Há quanto tempo eu não presenciava um apagão e sequer me dava conta da dependência da energia elétrica que nos encontramos para “sobreviver” ou “existir”. A única atividade que consegui pensar em fazer que não demanda de eletricidade, era tocar violão, mas não me parecia ser a melhor coisa naquele momento. Observar o céu seria uma das opções, porém ele estava tão nublado que não pude ver uma estrela sequer.

Pelo WhatsApp, um leitor do site sugeriu que eu escrevesse uma crônica sobre a interação humana promovida pelo apagão. Adorei a ideia, todavia a primeira coisa que me veio a cabeça foi a de abrir um editor de texto para começar a escrever! Reparei que meus velhos calos talhados por lápis ou caneta simplesmente sumiram. Infelizmente confesso que não tive coragem de escrever este texto em papel e só o faço agora no conforto do meu notebook.

Uma das coisas que ficou em evidência para todos foi a carência de compartilhar aquela experiência de escuridão com alguém. Até dava para fazer isto utilizando o 4G do celular, porém eu tinha a sensação de que se a bateria acabasse, a coisa poderia ficar preta… literalmente. Os vizinhos que nunca se falaram, resolveram sair de suas tocas e indagarem qual teria sido o motivo daquele apagão, ou apenas trocar velas ou emprestar carregadores portáteis de smartphones.

A experiência me fez lembrar da minha infância nos anos 90 em que esta situação era muito mais frequente. Minha sobrinha de oito anos estava muito empolgada pois havia sido a primeira vez em que ela se deparava com um apagão. Justo ela, uma assídua utilizadora de tablet, teve a sorte, mesmo que por pouco tempo, de desfrutar de um pavio de vela sendo consumido pela tímida chama alaranjada. Se a situação perdurasse, ela veria os alimentos da geladeira descongelando e até teria que tomar um desconfortável e nostálgico banho de caneca!

A felicidade não durou nem meia hora. A energia voltou e aquele “choque” de realidade fez com que todo o burburinho provocado pela ausência da luz fosse rapidamente esquecida… Menos de dez minutos depois, a energia caiu e voltou de novo. Caiu e voltou... Caiu e voltou, mas depois não caiu mais. Juro que meu subconsciente torceu para que a coisa toda permanecesse no escuro, porém não levou muito tempo para que eu esquecesse de tudo e retornasse pra minha vidinha digital e eletrificada.

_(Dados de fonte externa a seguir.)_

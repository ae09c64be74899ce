// The `spec` of an AuthorizationPolicy.
ghost use Rattle.std.specs.Prelude.{◌≡◌, IfOk, IsTrue, option_map};
ghost use Rattle.serde_json.specs.View.{view};
ghost use Rattle.mesh_doc.specs.Faults.{Reads};
ghost use Rattle.mesh_doc.specs.Fields.{spec_of};
ghost use Rattle.mesh_policy.specs.AcceptedRules.{AcceptedPolicy};
ghost use Rattle.mesh_policy.specs.Values.{belongs};
ghost use Rattle.mesh_text.specs.Dns.{is_label, is_subdomain};
ghost use Rattle.policy_json.specs.Authorization.{action_faults, action_in, action_of, authorization_faults, authorization_in, provider_faults, provider_in};

use crate::labels::{SELECTOR, Selector};
use crate::rules::RuleEntry;
use crate::target_refs::{TARGET_REF, TARGET_REFS, no_targets};
use crate::texts::IsToken;
use mesh_doc::{
    DocError, Form, Place, Reason, Spot, Tested, empty_object, listed, optional, required,
};
use mesh_policy::{Action, AuthorizationPolicy, MOST_ENTRIES};
use mesh_text::{List, Text};
use serde_json::Value;
use std::alloc::Global;

const ACTION: &str = "action";

const PROVIDER: &str = "provider";

const RULES: &str = "rules";

const NAME: &str = "name";

const ALLOW: &str = "ALLOW";

const DENY: &str = "DENY";

const AUDIT: &str = "AUDIT";

const CUSTOM: &str = "CUSTOM";

/// The AuthorizationPolicy that the `spec` at `at` means (Istio reference, "Authorization Policy"), or its first
/// fault: UnknownField, WrongType, MissingField, TargetRefs, BadEnum, BadName, TooMany, BadValue, BadPort, BadCidr,
/// TooManySlashes, BadTemplate, BadKey, EmptyCondition, and last ProviderRule. None stands for a `spec` that is not
/// written or `null`. A list has at most 2,048 entries, and a value of a rule 1 to 1,024 bytes.
pub fn read_authorization_at(
    alloc: Global,
    name: Text,
    namespace: Text,
    spec: Option<&Value>,
    at: &Spot,
) -> Result<AuthorizationPolicy, DocError>
    ensures reads { Reads result
        (authorization_faults (spec_of (option_map (λ v. view v.now) spec.entry)) at.now)
        (authorization_in name namespace (spec_of (option_map (λ v. view v.now) spec.entry))) }
    ensures accepted { IsTrue (is_subdomain name) → IsTrue (is_label namespace) → IfOk result AcceptedPolicy }
{
    let empty = empty_object(alloc);
    read_spec(alloc, name, namespace, spec.unwrap_or(&empty), at)
}

/// As `read_authorization_at`, of the `spec` at `place`.
pub fn read_authorization(
    alloc: Global,
    name: Text,
    namespace: Text,
    spec: Option<&Value>,
    place: &Place,
) -> Result<AuthorizationPolicy, DocError>
    ensures reads { Reads result
        (authorization_faults (spec_of (option_map (λ v. view v.now) spec.entry)) place.now)
        (authorization_in name namespace (spec_of (option_map (λ v. view v.now) spec.entry))) }
    ensures accepted { IsTrue (is_subdomain name) → IsTrue (is_label namespace) → IfOk result AcceptedPolicy }
{
    read_authorization_at(alloc, name, namespace, spec, &Spot::of(place))
}

#[tactic(auto, unfolding(crate::specs::Authorization::authorization_faults, crate::specs::Authorization::authorization_in))]
fn read_spec(
    alloc: Global,
    name: Text,
    namespace: Text,
    v: &Value,
    at: &Spot,
) -> Result<AuthorizationPolicy, DocError>
    ensures { Reads result
        (authorization_faults (view v.now) at.now)
        (authorization_in name namespace (view v.now)) }
{
    at.only_fields(
        alloc,
        v,
        &[SELECTOR, TARGET_REFS, TARGET_REF, ACTION, PROVIDER, RULES],
    )?;
    let labels = optional::<Selector>(alloc, v, SELECTOR, at)?;
    no_targets(alloc, v, at)?;
    let action = optional::<ActionWord>(alloc, v, ACTION, at)?.unwrap_or(Action::Allow);
    let provider = optional::<Provider>(alloc, v, PROVIDER, at)?;
    let rules = listed::<RuleEntry>(alloc, v, RULES, MOST_ENTRIES, at)?;
    if !belongs(action, &provider) {
        return Err(at.refuse(alloc, Reason::ProviderRule));
    }
    Ok(AuthorizationPolicy {
        name,
        namespace,
        labels: labels.unwrap_or(List::new(alloc)),
        action,
        provider,
        rules,
    })
}

fn belongs(action: Action, provider: &Option<Text>) -> bool
    ensures { result ≡ belongs action provider.now }
{
    match action {
        Action::Custom => provider.is_some(),
        _ => provider.is_none(),
    }
}

struct ActionWord;

impl Form for ActionWord {
    type Out = Action;

    ghost faults = { action_faults };

    ghost value = { action_in };

    #[tactic(auto, unfolding(crate::specs::Authorization::action_faults, crate::specs::Authorization::action_in, mesh_doc::specs::Kinds::text_faults, mesh_doc::specs::Kinds::text_in))]
    fn read(alloc: Global, v: &Value, at: &Spot) -> Result<Action, DocError> {
        let Value::String(word) = v else {
            return Err(at.refuse(alloc, Reason::WrongType));
        };
        match action_named(word.as_str()) {
            Some(action) => Ok(action),
            None => Err(at.refuse(alloc, Reason::BadEnum)),
        }
    }
}

fn action_named(word: &str) -> Option<Action>
    ensures { result ≡ action_of word.now }
{
    if word == ALLOW {
        return Some(Action::Allow);
    }
    if word == DENY {
        return Some(Action::Deny);
    }
    if word == AUDIT {
        return Some(Action::Audit);
    }
    if word == CUSTOM {
        return Some(Action::Custom);
    }
    None
}

struct Provider;

impl Form for Provider {
    type Out = Text;

    ghost faults = { provider_faults };

    ghost value = { provider_in };

    #[tactic(auto, unfolding(crate::specs::Authorization::provider_faults, crate::specs::Authorization::provider_in))]
    fn read(alloc: Global, v: &Value, at: &Spot) -> Result<Text, DocError> {
        at.only_fields(alloc, v, &[NAME])?;
        required::<Tested<IsToken>>(alloc, v, NAME, at)
    }
}
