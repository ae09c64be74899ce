// The `spec` of a RequestAuthentication.
ghost use Rattle.std.specs.Prelude.{◌≡◌, IfOk, IsTrue, option_map};
ghost use Rattle.serde_json.specs.View.{view};
ghost use Rattle.mesh_doc.specs.Faults.{Reads};
ghost use Rattle.mesh_doc.specs.Fields.{spec_of};
ghost use Rattle.mesh_policy.specs.AcceptedTokens.{AcceptedRequest};
ghost use Rattle.mesh_text.specs.Dns.{is_label, is_subdomain};
ghost use Rattle.policy_json.specs.Request.{request_faults, request_in};

use crate::jwt_rules::RuleForm;
use crate::labels::{SELECTOR, Selector};
use crate::target_refs::{TARGET_REF, TARGET_REFS, no_targets};
use mesh_doc::{DocError, Place, Spot, empty_object, listed, optional};
use mesh_policy::{MOST_ENTRIES, RequestAuthentication};
use mesh_text::{List, Text};
use serde_json::Value;
use std::alloc::Global;

const JWT_RULES: &str = "jwtRules";

/// The RequestAuthentication that the `spec` at `at` means (Istio reference, RequestAuthentication), or its first
/// fault: UnknownField, WrongType, MissingField, BadName, BadValue, TargetRefs, JwtKeys, TooMany for a list of more
/// than 2,048 entries. None stands for a `spec` that is not written or `null`.
pub fn read_request_at(
    alloc: Global,
    name: Text,
    namespace: Text,
    spec: Option<&Value>,
    at: &Spot,
) -> Result<RequestAuthentication, DocError>
    ensures reads { Reads result
        (request_faults (spec_of (option_map (λ v. view v.now) spec.entry)) at.now)
        (request_in name namespace (spec_of (option_map (λ v. view v.now) spec.entry))) }
    ensures accepted { IsTrue (is_subdomain name) → IsTrue (is_label namespace) → IfOk result AcceptedRequest }
{
    let empty = empty_object(alloc);
    read_spec(alloc, name, namespace, spec.unwrap_or(&empty), at)
}

/// As `read_request_at`, of the `spec` at `place`.
pub fn read_request(
    alloc: Global,
    name: Text,
    namespace: Text,
    spec: Option<&Value>,
    place: &Place,
) -> Result<RequestAuthentication, DocError>
    ensures reads { Reads result
        (request_faults (spec_of (option_map (λ v. view v.now) spec.entry)) place.now)
        (request_in name namespace (spec_of (option_map (λ v. view v.now) spec.entry))) }
    ensures accepted { IsTrue (is_subdomain name) → IsTrue (is_label namespace) → IfOk result AcceptedRequest }
{
    read_request_at(alloc, name, namespace, spec, &Spot::of(place))
}

#[tactic(auto, unfolding(crate::specs::Request::request_faults, crate::specs::Request::request_in))]
fn read_spec(
    alloc: Global,
    name: Text,
    namespace: Text,
    v: &Value,
    at: &Spot,
) -> Result<RequestAuthentication, DocError>
    ensures { Reads result
        (request_faults (view v.now) at.now)
        (request_in name namespace (view v.now)) }
{
    at.only_fields(alloc, v, &[SELECTOR, TARGET_REFS, TARGET_REF, JWT_RULES])?;
    let labels = optional::<Selector>(alloc, v, SELECTOR, at)?;
    no_targets(alloc, v, at)?;
    let rules = listed::<RuleForm>(alloc, v, JWT_RULES, MOST_ENTRIES, at)?;
    Ok(RequestAuthentication {
        name,
        namespace,
        labels: labels.unwrap_or(List::new(alloc)),
        rules,
    })
}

A gente até se esforça, mas a eletricidade - seguida da tecnologia que ela alimenta - criou uma lacuna muito grande em se tratando de diálogo, mutualismo e presença. As pessoas saíram para as ruas, mas no primeiro vestígio de que a luz iria voltar, retornaram para dentro e se confortaram com algum eletrodoméstico. É como se fosse um vício! Fico imaginando como serão as coisas quando todas as pessoas do planeta já tiverem nascido numa geração em que desde bebê se acessa a internet e que o conceito de interatividade “padrão” tenha se perdido...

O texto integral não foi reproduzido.